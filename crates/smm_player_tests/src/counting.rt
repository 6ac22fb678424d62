use smm_base::{LoadError, MemStore, SaveError, Sink, Store, WriteError};
use std::alloc::Global;

/// A store in memory that counts its loads, and those of names that no word of the tests' commands has
/// at the place of an input file.
#[derive(Drop)]
pub struct Counting {
    pub store: MemStore,
    pub loads: u64,
    pub strange: u64,
}

impl Store for Counting {
    ghost use Rattle.std.specs.Prelude.{None, Some};
    ghost use Rattle.smm_base.specs.MemStore.{file_of, failed_loads_of, failed_saves_of, Moves};

    ghost files = { λ counting. Some (file_of counting.store) };

    ghost failed_loads = { λ counting. failed_loads_of counting.store };

    ghost failed_saves = { λ counting. failed_saves_of counting.store };

    ghost fails_next = { λ _. None };

    ghost moves = { λ before after. Moves before.store after.store };

    fn load(&mut self, alloc: Global, name: &str, limit: u64) -> Result<Vec<u8>, LoadError> {
        self.loads = self.loads.saturating_add(1);
        if name == "A" {
            self.strange = self.strange.saturating_add(1);
        }
        self.store.load(alloc, name, limit)
    }

    fn save(&mut self, name: &str, bytes: &[u8]) -> Result<(), SaveError> {
        self.store.save(name, bytes)
    }

    ghost loads_never_fall = { λ before after moved. moved.loads };

    ghost saves_never_fall = { λ before after moved. moved.saves };
}

/// A sink for which there is no memory.
#[derive(Drop)]
pub struct Full;

impl Sink for Full {
    ghost use Rattle.std.specs.Prelude.{None};
    ghost use Rattle.std.proofs.Common.{rules};

    ghost written = { λ _. None };

    ghost faults = { λ _. 0 };

    ghost fails_next = { λ _. None };

    ghost most = { λ _. None };

    ghost moves = { λ _ _. Unit };

    fn write(&mut self, _: &[u8]) -> Result<usize, WriteError> {
        Err(WriteError::NoMemory)
    }

    ghost never_falls = { λ before after moved. Prim.search rules };
}

/// A sink that takes all, and remembers how long the longest piece was and how many there were.
#[derive(Drop)]
pub struct Pieces {
    pub longest: usize,
    pub count: u64,
}

impl Sink for Pieces {
    ghost use Rattle.std.specs.Prelude.{None};
    ghost use Rattle.std.proofs.Common.{rules};

    ghost written = { λ _. None };

    ghost faults = { λ _. 0 };

    ghost fails_next = { λ _. None };

    ghost most = { λ _. None };

    ghost moves = { λ _ _. Unit };

    fn write(&mut self, piece: &[u8]) -> Result<usize, WriteError> {
        self.longest = self.longest.max(piece.len());
        self.count = self.count.saturating_add(1);
        Ok(piece.len())
    }

    ghost never_falls = { λ before after moved. Prim.search rules };
}
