ghost use Rattle.smm_base.specs.Register.{register_named};

use crate::word::Word;
use smm_base::Register;

/// A register of the save-state service by its name.
impl Word for Register {
    ghost meaning = { register_named };

    fn of(text: &str) -> Option<Self> {
        Register::named(text)
    }
}
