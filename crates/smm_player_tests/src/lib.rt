// Tests of the player that need a store or a sink which no file case can have: ones that fail, and ones that count.
#![tactic(auto)]

#[cfg(test)]
mod counting;
#[cfg(test)]
mod reports;
#[cfg(test)]
mod tests;
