ghost use Rattle.std.specs.Prelude.{◌≡◌, ◌≤◌, IfOk, IsTrue};
ghost use Rattle.toml.specs.View.{table_view};
ghost use Rattle.smm_base.specs.Register.{is_register_number};
ghost use Rattle.cpu_table.specs.Ranges.{is_variable};
ghost use Rattle.platform_document.specs.Reading.{path_to};
ghost use Rattle.platform_document.specs.CommonKeys.{cpu_at, register_at, width_at, into_at, kind_at};

use crate::document::{number_at, word_at};
use crate::fault::WalkFault;
use crate::operand::Variable;
use crate::path::{Key, TablePlace, path_to};
use smm_base::{HandlerType, Register, register_laws};
use toml::Table;

/// The number of a processor at the key `cpu`, 0 to 65535.
pub fn cpu_at(table: &Table, place: TablePlace) -> Result<u16, WalkFault>
    ensures { result ≡ cpu_at place (table_view table.now) }
{
    let number = number_at(table, path_to(place, Key::Cpu), 0, 65535)?;
    Ok(number as u16)
}

/// The number of a register that a key `reg` names.
pub fn register_at(table: &Table, place: TablePlace) -> Result<u32, WalkFault>
    ensures register { result ≡ register_at place (table_view table.now) }
    ensures fits { IfOk result (λ number. IsTrue (is_register_number number)) }
{
    let register: Register = word_at(table, path_to(place, Key::Reg))?;
    register_laws();
    Ok(register.number())
}

/// The width at the key `width`, 0 to 24 bytes.
pub fn width_at(table: &Table, place: TablePlace) -> Result<u8, WalkFault>
    ensures width { result ≡ width_at place (table_view table.now) }
    ensures fits { IfOk result (λ width. width ≤ 24) }
{
    let width = number_at(table, path_to(place, Key::Width), 0, 24)?;
    Ok(width as u8)
}

/// The number of the variable at the key `into`, 0 to 7.
pub fn into_at(table: &Table, place: TablePlace) -> Result<u8, WalkFault>
    ensures into { result ≡ into_at place (table_view table.now) }
    ensures fits { IfOk result (λ into. IsTrue (is_variable into)) }
{
    let variable: Variable = word_at(table, path_to(place, Key::Into))?;
    Ok(variable.number)
}

/// The list of handlers at the key `type`.
pub fn kind_at(table: &Table, place: TablePlace) -> Result<HandlerType, WalkFault>
    ensures { result ≡ kind_at place (table_view table.now) }
{
    word_at(table, path_to(place, Key::Type))
}
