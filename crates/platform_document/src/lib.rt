// The values of a platform file, one at a time: each reader takes one value of a TOML document by its key, as a
// number, a word, a text, an operand, a table or a list, or gives the fault with the path of the key.
#![tactic(auto)]

mod common_keys;
mod document;
mod fault;
mod operand;
mod path;
mod register;
mod word;

pub use common_keys::{cpu_at, into_at, kind_at, register_at, width_at};
pub use document::{
    GREATEST, entries_at, entry_of, flag_of, list_at, list_of, member, number_at, number_value,
    number_within, refuse_others, table_of, text_at, word_at, word_of, words_of,
};
pub use fault::WalkFault;
pub use operand::{Variable, operand_at};
pub use path::{Key, Path, TablePlace, name_under, path_text, path_to, place_text};
pub use word::{OperationWord, PolicyWord, Word};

= = = = = = =

Aim of the task: Starting with the line above that holds "an input file." and stopping with the line that holds "λ counting. Some", reproduce each line exactly, omitting all other lines.

Task solution:
/// at the place of an input file.
#[derive(Drop)]
pub struct Counting {
    pub store: MemStore,
    pub loads: u64,
    pub strange: u64,
}

impl Store for Counting {
    ghost use Rattle.std.specs.Prelude.{None, Some};
    ghost use Rattle.smm_base.specs.MemStore.{file_of, failed_loads_of, failed_saves_of, Moves};

    ghost files = { λ counting. Some (file_of counting.store) };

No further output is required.